Matthias Weniger, who is a curator at the Munich museum and oversees its restitution efforts, has made it his mission to return as many of the silver objects as possible to the descendants of the original owners.
Some of the items were returned to Holocaust survivors in the 1950s and 1960s, if they came forward and actively tried to retrieve their stolen possessions.
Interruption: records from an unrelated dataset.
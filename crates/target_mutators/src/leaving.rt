ghost use Rattle.std.specs.Prelude.{◌≡◌};
ghost use Rattle.std.specs.List.{list_all};
ghost use Rattle.target_mutators.specs.Idle.{is_in_system_alone};

use crate::images::{is_for_device, is_in_recovery, is_in_system, is_in_vendor};
use module_graph::Node;
use module_rules::Record;
use mutator_rules::Axis;

fn is_in_system_alone(node: &Node<Record<'_>>) -> bool
    ensures { result ≡ is_in_system_alone node.now }
{
    let own = &node.payload;
    !is_for_device(node.vars.get(Axis::Target))
        || is_in_system(own) && !(is_in_vendor(own) || is_in_recovery(own))
}

/// Whether each node that is for a device is in the system's own image alone.
pub fn are_in_system_alone(nodes: &[Node<Record<'_>>]) -> bool
    ensures { result ≡ list_all is_in_system_alone nodes.now }
{
    nodes.iter().all(|node| is_in_system_alone(node))
}
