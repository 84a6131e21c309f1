//! What the three rules answer at the nodes of a small graph, through their traits: an app depends on a static library
//! `b`, and on another module as a shared, a header and a whole library.
ghost use Rattle.std.specs.Prelude.{◌≡◌, ◌∷◌, [], IfOk, length};
ghost use Rattle.graph_nodes.specs.declared.graph.EdgeKind.TheVariants.{Header, Shared, Whole};
ghost use Rattle.graph_nodes.specs.Nodes.{targets};
ghost use Rattle.mutator_rules.specs.Arrivals.{kinds_into};
ghost use Rattle.mutator_rules.specs.Conditions.{MayVisit, indices_in};

use bp_faults::{FaultKind, Item, ModuleId, NodeId, OutOfMemory, Path, Payload, Place, Seq, Text};
use bp_props::{Given, Module, ModuleKind, Props};
use info_mutators::laws::{
    exports_are_included, info_does_not_split, info_holds_nodes, own_variations_differ,
};
use info_mutators::{Info, Sanitize, SdkLevel};
use module_graph::{Axis, Edge, EdgeKind, Graph, Node, Variation, Variations};
use module_rules::{Record, one_variant};
use mutator_rules::{BottomUp, Config, Split, TopDown, Transition};
use pass_core::VisitError;
use std::alloc::Global;
use std::process::Abort;
use std::sync::Arc;
use std::test::Fail;

const PLACE: Place = Place {
    file: 1,
    line: 1,
    col: 1,
};

fn path(alloc: Global, text: &str) -> Result<Path, OutOfMemory> {
    match Path::new(Text::from_str(alloc, text)?) {
        Some(path) => Ok(path),
        None => Ok(Path::root(alloc)),
    }
}

fn nodes(alloc: Global, numbers: &[u32]) -> Result<Seq<NodeId>, OutOfMemory> {
    let mut nodes = Seq::new(Vec::new(alloc));
    for number in numbers {
        nodes.push(NodeId(*number))?;
    }
    Ok(nodes)
}

fn given<T>(value: T) -> Option<Given<T>> {
    Some(Given { value, at: PLACE })
}

fn module(alloc: Global, name: &str) -> Result<Module, OutOfMemory> {
    Ok(Module {
        name: Text::from_str(alloc, name)?,
        kind: ModuleKind::Library,
        dir: Path::root(alloc),
        at: PLACE,
        props: Props::empty(alloc),
    })
}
But many owners were murdered in the Holocaust or, if they succeeded to flee from the Nazis, ended up in far-flung corners of the globe.
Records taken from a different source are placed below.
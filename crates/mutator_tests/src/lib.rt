//! The tests of the mutators and of the pipeline that runs them. The crate has no code of its own.
#![tactic(auto)]

#[cfg(test)]
mod arrivals;
#[cfg(test)]
mod info;
#[cfg(test)]
mod kinds;
#[cfg(test)]
mod linkage;
#[cfg(test)]
mod pipeline;
#[cfg(test)]
mod records;
#[cfg(test)]
mod reverse;
#[cfg(test)]
mod targets;
#[cfg(test)]
mod transitions;
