//! The variants of a node without dependencies, by both rules and through their trait. Each is written as its variation
//! and the flags of its record, where each group has one flag.
ghost use Rattle.std.specs.Prelude.{◌≡◌, [], IfOk, length};
ghost use Rattle.graph_nodes.specs.Nodes.{targets};
ghost use Rattle.mutator_rules.specs.Conditions.{MayVisit, indices_in};

use bp_faults::{ModuleId, NodeId, OutOfMemory, Path, Payload, Place, Seq, Target, Text};
use bp_props::{Given, GroupId, GroupProps, Module, ModuleKind, Multi, Props};
use module_graph::{Axis, Graph, Node, Variation, Variations, variation_name};
use module_rules::Record;
use mutator_rules::{BottomUp, Config, Split};
use std::alloc::Global;
use std::process::Abort;
use std::sync::Arc;
use std::test::Fail;
use target_mutators::laws::{image_variants_differ, target_variants_differ};
use target_mutators::{ArchSplit, ImageSplit};

const PLACE: Place = Place {
    file: 1,
    line: 1,
    col: 1,
};

/// Groups, and the flag of each.
const FLAGS: [(GroupId, &str); 13] = [
    (GroupId::ArchArm, "arm"),
    (GroupId::ArchArm64, "arm64"),
    (GroupId::ArchX86_64, "x86_64"),
    (GroupId::Lib32, "lib32"),
    (GroupId::Lib64, "lib64"),
    (GroupId::Linux, "linux"),
    (GroupId::NotWindows, "not_windows"),
    (GroupId::Android, "android"),
    (GroupId::Host, "host"),
    (GroupId::LinuxGlibc, "linux_glibc"),
    (GroupId::Named(Target::AndroidArm64), "named"),
    (GroupId::Vendor, "vendor"),
    (GroupId::Recovery, "recovery"),
];

/// What a record sets beside its flags.
#[derive(Clone, Copy)]
enum Setting {
    Enabled(bool),
    EnabledIn(GroupId, bool),
    Device(bool),
    Host(bool),
    Multilib(Multi),
    Vendor,
    VendorAvailable,
    Recovery,
    RecoveryAvailable,
}

fn given<T>(value: T) -> Option<Given<T>> {
    Some(Given { value, at: PLACE })
}

fn add_flag(alloc: Global, group: &mut GroupProps, flag: &str) -> Result<(), OutOfMemory> {
    group.cflags.push(alloc, Text::from_str(alloc, flag)?)
}

/// A group as the record has it, or an empty one.
fn group_of(alloc: Global, record: &Props, id: GroupId) -> Result<GroupProps, OutOfMemory> {
    match record.group(id) {
        Some(group) => group.copy(alloc),
        None => Ok(GroupProps::empty(alloc)),
    }
}

fn set(alloc: Global, record: &mut Props, setting: Setting) -> Result<(), OutOfMemory> {
    match setting {
        Setting::Enabled(value) => record.base.enabled = given(value),
        Setting::EnabledIn(id, value) => {
            let mut group = group_of(alloc, record, id)?;
            group.enabled = given(value);
            record.groups.insert(id, group)?;
        }
        Setting::Device(value) => record.device_supported = given(value),
        Setting::Host(value) => record.host_supported = given(value),
        Setting::Multilib(value) => record.compile_multilib = given(value),
        Setting::Vendor => record.vendor = given(true),
        Setting::VendorAvailable => record.vendor_available = given(true),
        Setting::Recovery => record.recovery = given(true),
        Setting::RecoveryAvailable => record.recovery_available = given(true),
    }
    Ok(())
}

/// Groups, each with its flag.
fn add_groups(
    alloc: Global,
    record: &mut Props,
    flags: &[(GroupId, &str)],
) -> Result<(), OutOfMemory> {
    for (id, flag) in flags {
        let mut group = GroupProps::empty(alloc);
        add_flag(alloc, &mut group, flag)?;
        record.groups.insert(*id, group)?;
    }
    Ok(())
}

fn record(alloc: Global, settings: &[Setting]) -> Result<Props, OutOfMemory> {
    let mut record = Props::empty(alloc);
    add_flag(alloc, &mut record.base, "own")?;
    add_groups(alloc, &mut record, &FLAGS)?;
    for setting in settings {
        set(alloc, &mut record, *setting)?;
    }
    Ok(record)
}

/// One module.
fn modules(alloc: Global, kind: ModuleKind) -> Result<Vec<Module>, OutOfMemory>
    ensures { IfOk result (λ mods. length mods.items ≡ 1) }
{
    let mut mods = Vec::new(alloc);
    mods.push(Module {
        name: Text::from_str(alloc, "m")?,
        kind,
        dir: Path::root(alloc),
        at: PLACE,
        props: Props::empty(alloc),
    })?;
    Ok(mods)
}

/// Its node.
fn graph<'m>(
    alloc: Global,
    target: Variation,
    record: Props,
) -> Result<Graph<Record<'m>>, OutOfMemory>
    ensures may { IfOk result (λ g. MayVisit (indices_in 1) g.nodes 0) }
    ensures alone { IfOk result (λ g. targets g.nodes 0 ≡ []) }
{
    let mut vars = Variations::empty(alloc);
    vars.set(Axis::Target, target);
    let mut nodes = Vec::new(alloc);
    nodes.push(Node {
        module: ModuleId(0),
        vars,
        payload: Record::new(alloc, record)?,
        edges: Seq::new(Vec::new(alloc)),
    })?;
    Ok(Graph {
        nodes: Seq::new(nodes),
    })
}

fn add_flags(out: &mut String, flags: &[Text]) -> Result<(), OutOfMemory> {
    for flag in flags {
        out.push_str(" ")?;
        out.push_str(flag.as_str())?;
    }
    Ok(())
}

fn shown(alloc: Global, made: &Split<Record<'_>>) -> Result<String, OutOfMemory> {
    let mut out = String::new(alloc);
    for (variation, record) in made.variants.as_slice() {
        out.push_str(variation_name(alloc, *variation)?.as_str())?;
        out.push_str(":")?;
        add_flags(&mut out, record.to_props(alloc)?.base.cflags.items())?;
        out.push_str("; ")?;
    }
    Ok(out)
}

/// What a rule answers at the node, by its trait.
fn answer<P: Drop, M: BottomUp<P>>(
    alloc: Global,
    rule: &M,
    graph: &Graph<P>,
) -> Result<Split<P>, OutOfMemory>
    requires may { MayVisit (M.accepts rule.now) graph.now.nodes 0 }
    requires alone { targets graph.now.nodes 0 ≡ [] }
{
    let ins: Vec<Arc<Split<P>>> = Vec::new(alloc);
    match rule.visit(alloc, graph, NodeId(0), &ins) {
        Ok(made) => Ok(made),
        Err(_) => Err(OutOfMemory),
    }
}

fn targets_of(alloc: Global, targets: &[Target]) -> Result<Config, OutOfMemory> {
    let mut list = Seq::new(Vec::new(alloc));
    for target in targets {
        list.push(*target)?;
    }
    Ok(Config { targets: list })
}

/// A kind of module and what it sets, for some targets, and its variants.
type ArchCase = (
    ModuleKind,
    &'static [Setting],
    &'static [Target],
    &'static str,
);

const HOST: Target = Target::LinuxGlibcX86_64;

const ARM: Target = Target::AndroidArm;

const ARM64: Target = Target::AndroidArm64;

const ARCH: [ArchCase; 13] = [
    (
        ModuleKind::Library,
        &[Setting::Host(true)],
        &[HOST, ARM, ARM64],
        "linux_glibc_x86_64: own x86_64 lib64 linux not_windows host linux_glibc; \
         android_arm: own arm lib32 linux android; android_arm64: own arm64 lib64 linux android named; ",
    ),
    (
        ModuleKind::Binary,
        &[],
        &[ARM, ARM64, HOST],
        "android_arm: own arm lib32 linux android; ",
    ),
    (
        ModuleKind::Test,
        &[Setting::Multilib(Multi::Only64)],
        &[ARM, ARM64],
        "android_arm64: own arm64 lib64 linux android named; ",
    ),
    (
        ModuleKind::Library,
        &[Setting::Multilib(Multi::Only32)],
        &[ARM64],
        "",
    ),
    (
        ModuleKind::Library,
        &[Setting::Device(false), Setting::Host(true)],
        &[ARM64, HOST],
        "linux_glibc_x86_64: own x86_64 lib64 linux not_windows host linux_glibc; ",
    ),
    (
        ModuleKind::Library,
        &[Setting::Device(false)],
        &[ARM64, HOST],
        "",
    ),
    (
        ModuleKind::Library,
        &[Setting::Enabled(false)],
        &[ARM, ARM64],
        "",
    ),
    (
        ModuleKind::Library,
        &[Setting::EnabledIn(GroupId::Lib64, false)],
        &[ARM, ARM64],
        "android_arm: own arm lib32 linux android; ",
    ),
    (
        ModuleKind::Library,
        &[
            Setting::Enabled(false),
            Setting::EnabledIn(GroupId::ArchArm, true),
        ],
        &[ARM, ARM64],
        "android_arm: own arm lib32 linux android; ",
    ),
    (
        ModuleKind::Library,
        &[
            Setting::EnabledIn(GroupId::Linux, false),
            Setting::EnabledIn(GroupId::Named(Target::AndroidArm64), true),
        ],
        &[ARM, ARM64],
        "android_arm64: own arm64 lib64 linux android named; ",
    ),
    (ModuleKind::Defaults, &[], &[ARM64], ""),
    (ModuleKind::Filegroup, &[], &[ARM64, HOST], "common: own; "),
    (
        ModuleKind::Filegroup,
        &[Setting::Enabled(false)],
        &[ARM64],
        "",
    ),
];

/// Whether the rule splits by target, and the variants that it makes.
fn targets_in<'m>(
    alloc: Global,
    mods: &'m [Module],
    config: &'m Config,
    own: Props,
) -> Result<(bool, String), OutOfMemory>
    requires { length mods.now ≡ 1 }
{
    let graph: Graph<Record<'m>> = graph(alloc, Variation::Empty, own)?;
    let rule = ArchSplit::new(mods, config);
    let is_by_target = rule.axis() == Some(Axis::Target);
    let made = answer(alloc, &rule, &graph)?;
    Ok((is_by_target, shown(alloc, &made)?))
}

fn by_targets(alloc: Global, case: &ArchCase) -> Result<(bool, String), OutOfMemory> {
    let (kind, settings, targets, _) = *case;
    let config = targets_of(alloc, targets)?;
    let mods = modules(alloc, kind)?;
    targets_in(alloc, mods.as_slice(), &config, record(alloc, settings)?)
}

fn check_targets(rt: &impl Abort, alloc: Global, cases: &[ArchCase]) -> Result<(), Fail> {
    for (index, case) in cases.iter().enumerate() {
        let (is_by_target, made) = by_targets(alloc, case)?;
        assert_eq!(rt;
            (is_by_target, made.as_str()),
            (true, case.3),
            "case {index}"
        );
    }
    Ok(())
}

#[test]
fn targets_of_modules(rt: HostRuntime) -> Result<(), Fail> {
    target_variants_differ();
    check_targets(&rt, rt.alloc(), &ARCH)
}

/// What a library for a target sets, and its variants.
type ImageCase = (Variation, &'static [Setting], &'static str);

const IMAGES: [ImageCase; 8] = [
    (Variation::Target(ARM64), &[], ": own; "),
    (
        Variation::Target(ARM64),
        &[Setting::Vendor],
        "vendor: own vendor; ",
    ),
    (
        Variation::Target(ARM64),
        &[Setting::VendorAvailable, Setting::RecoveryAvailable],
        ": own; vendor: own vendor; recovery: own recovery; ",
    ),
    (
        Variation::Target(ARM),
        &[Setting::Vendor, Setting::Recovery],
        "vendor: own vendor; recovery: own recovery; ",
    ),
    (
        Variation::Target(ARM),
        &[Setting::Recovery, Setting::VendorAvailable],
        "vendor: own vendor; recovery: own recovery; ",
    ),
    (
        Variation::Target(ARM64),
        &[
            Setting::VendorAvailable,
            Setting::EnabledIn(GroupId::Vendor, false),
        ],
        ": own; ",
    ),
    (Variation::Target(HOST), &[Setting::Vendor], ": own; "),
    (Variation::Common, &[Setting::Vendor], ": own; "),
];

/// Whether the rule splits by image, and the variants that it makes.
fn images_in<'m>(
    alloc: Global,
    mods: &'m [Module],
    config: &'m Config,
    target: Variation,
    own: Props,
) -> Result<(bool, String), OutOfMemory>
    requires { length mods.now ≡ 1 }
{
    let graph: Graph<Record<'m>> = graph(alloc, target, own)?;
    let rule = ImageSplit::new(mods, config);
    let is_by_image = rule.axis() == Some(Axis::Image);
    let made = answer(alloc, &rule, &graph)?;
    Ok((is_by_image, shown(alloc, &made)?))
}

fn by_images(alloc: Global, case: &ImageCase) -> Result<(bool, String), OutOfMemory> {
    let (target, settings, _) = *case;
    let config = targets_of(alloc, &[ARM64])?;
    let mods = modules(alloc, ModuleKind::Library)?;
    let own = record(alloc, settings)?;
    images_in(alloc, mods.as_slice(), &config, target, own)
}

fn check_images(rt: &impl Abort, alloc: Global, cases: &[ImageCase]) -> Result<(), Fail> {
    for (index, case) in cases.iter().enumerate() {
        let (is_by_image, made) = by_images(alloc, case)?;
        assert_eq!(rt;
            (is_by_image, made.as_str()),
            (true, case.2),
            "case {index}"
        );
    }
    Ok(())
}

#[test]
fn images_of_modules(rt: HostRuntime) -> Result<(), Fail> {
    image_variants_differ();
    check_images(&rt, rt.alloc(), &IMAGES)
}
“And so you get from one generation to the next generation and you end up with telephone books … with LinkedIn, with Facebook, with Instagram or email addresses that correspond to a member of the younger generation of that family," the researcher explained.The majority of descendants live in the United States and Israel, but the museum has already or is in the process of also returning silver pieces to France, the United Kingdom, Australia and Mexico.
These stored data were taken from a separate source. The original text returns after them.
/// The number of new nodes, or the number of the module beyond the limit, or the file of the edge beyond it.
fn size<R: Threads + Sync>(rt: &R, alloc: Global, rows: &[Row<'_>]) -> (usize, u32) {
    match split(rt, alloc, rows) {
        Ok(Some(made)) => (made.graph.nodes.as_slice().len(), 0),
        Err(KindError::Nodes(module)) => (0, module.0),
        Err(KindError::Edges(place)) => (1, place.file),
        _ => (2, 0),
    }
}

#[test]
fn too_many_variants(rt: HostRuntime) {
    let alloc = rt.alloc();
    assert_eq!(rt;
        size(&rt, alloc, &[(200_000, &[]), (62_144, &[])]),
        (262_144, 0)
    );
    assert_eq!(rt;
        size(&rt, alloc, &[(200_000, &[]), (62_145, &[]), (3, &[])]),
        (0, 1)
    );
}

/// The size where each of 2048 variants has so many edges.
fn size_with<R: Threads + Sync>(
    rt: &R,
    alloc: Global,
    edges: u32,
) -> Result<(usize, u32), OutOfMemory> {
    let mut many = Vec::new(alloc);
    for _edge in 0..edges {
        many.push((EdgeKind::Static, 0))?;
    }
    Ok(size(rt, alloc, &[(1, &[]), (2048, &many)]))
}

#[test]
fn too_many_edges(rt: HostRuntime) -> Result<(), Fail> {
    let alloc = rt.alloc();
    assert_eq!(rt; size_with(&rt, alloc, 2048)?, (2049, 0));
    assert_eq!(rt; size_with(&rt, alloc, 2049)?, (1, 1));
    Ok(())
}

/// What each error of a rule's pass says of itself.
fn kind_texts(alloc: Global) -> Result<String, OutOfMemory> {
    let at = Place::start(1);
    let node = KindError::At(NodeId(0), Fault::at(alloc, FaultKind::BadSource, at));
    let (nodes, edges) = (KindError::Nodes(ModuleId(0)), KindError::Edges(at));
    let memory = KindError::OutOfMemory;
    Ok(format!(in alloc; "{node}; {nodes}; {edges}; {memory}")?)
}

/// What each error of a step says of itself.
fn step_texts(alloc: Global) -> Result<String, OutOfMemory> {
    let fault = Fault::at(alloc, FaultKind::NotReady, Place::start(1));
    let refused = StepError::Refused(fault);
    let kind = StepError::Kind(KindError::OutOfMemory);
    Ok(format!(in alloc; "{refused}; {kind}")?)
}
There, Weniger met up with Hila Gutmann, 53, and her father Benjamin Gutmann, 86, at his home in Kfar Shmaryahu north of Tel Aviv, and gave them a small silver cup. The cup was likely used for Kiddush to bless the wine on the eve of Shabbat — but nobody knows for sure because the original owners, Bavarian cattle dealer Salomon Gutmann and his wife, Karolina, who were the grandparents of Benjamin, were murdered by the Nazis in the Treblinka extermination camp.